'''

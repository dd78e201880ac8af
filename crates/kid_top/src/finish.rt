//! The work of a command is done.
ghost use Rattle.std.specs.Prelude.{◌≡◌, ◌⊎◌, IfErr, IfOk, IsErrOf};
ghost use Rattle.std.specs.Bool.{OnFalse};
ghost use Rattle.kid_prog.specs.ProgramView.{plain_program};
ghost use Rattle.kid_prog.specs.Rules.{IsRunnable};
ghost use Rattle.kid_run.specs.InputReading.{envs_of, AllFit};
ghost use Rattle.kid_run.specs.Reporting.{report_of};
ghost use Rattle.kid_top.specs.Failed.{has_failed, NoneFailed};
ghost use Rattle.kid_top.specs.WorkView.{plain_work, IsReady};
ghost use Rattle.kid_top.specs.Finishing.{Finishes, FinishRose, FinishFront, FinishKeeps, FinishWhole, ran_out, report_status};
ghost use Rattle.kid_top.specs.Saves.{IsLateStop};

use crate::save::save_both;
use crate::stop::Stop;
use crate::work::Work;
use kid_outer::{Sink, Store};
use kid_run::{Outcome, RunEntry, RunFault, run};
use std::alloc::Global;

/// Whether the fuel ran out.
fn ran_out(outcome: Outcome) -> bool
    ensures { result ≡ ran_out outcome }
{
    match outcome {
        Outcome::Fuel => true,
        Outcome::Done | Outcome::Outside => false,
    }
}

/// The status of runs: 4 where the fuel ran out for one.
fn report_status(entries: &[RunEntry]) -> u8
    ensures { result ≡ report_status entries.now }
{
    for entry in entries {
        if ran_out(entry.outcome) {
            return 4;
        }
    }
    0
}

/// Does the work, and answers the status.
pub fn finish<S: Store, O: Sink>(
    alloc: Global,
    store: &mut S,
    out: &mut O,
    work: &Work,
) -> Result<u8, Stop>
    requires { IsReady work.now }
    ensures done { IfOk result (λ status. Finishes (plain_work work.now) status (O.written out.old) (O.written out.new) (S.held store.old) (S.held store.new)) }
    ensures late { IfErr result IsLateStop }
    ensures failed { IsErrOf result Stop.Failed → FinishRose (plain_work work.now) (S.faults store.old) (S.faults store.new) (O.faults out.old) (O.faults out.new) }
    ensures still { OnFalse (has_failed result) (NoneFailed (S.faults store.old) (S.faults store.new) (O.faults out.old) (O.faults out.new)) }
    ensures front { FinishFront (plain_work work.now) (O.written out.old) (O.written out.new) }
    ensures kept { FinishKeeps (plain_work work.now) (S.held store.old) (S.held store.new) }
    ensures whole { FinishWhole (plain_work work.now) (S.faults store.old) (S.faults store.new) (S.held store.old) (S.held store.new) }
{
    match work {
        Work::Run {
            program,
            inputs,
            fuel,
        } => match run(alloc, program, inputs, *fuel, out) {
            Ok(report) => Ok(report_status(&report.entries)),
            Err(RunFault::PutFailed) => Err(Stop::Failed),
            Err(RunFault::Memory) => Err(Stop::Memory),
        },
        Work::Save {
            derivation,
            program,
            derivation_bytes,
            program_bytes,
        } => {
            save_both(
                alloc,
                store,
                derivation,
                program,
                derivation_bytes,
                program_bytes,
            )?;
            Ok(0)
        }
    }
}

'''

## How to complete this task
Find every line above that contains the word "alloc", and return each one.

## Exercise output
use std::alloc::Global;
    alloc: Global,
        } => match run(alloc, program, inputs, *fuel, out) {
                alloc,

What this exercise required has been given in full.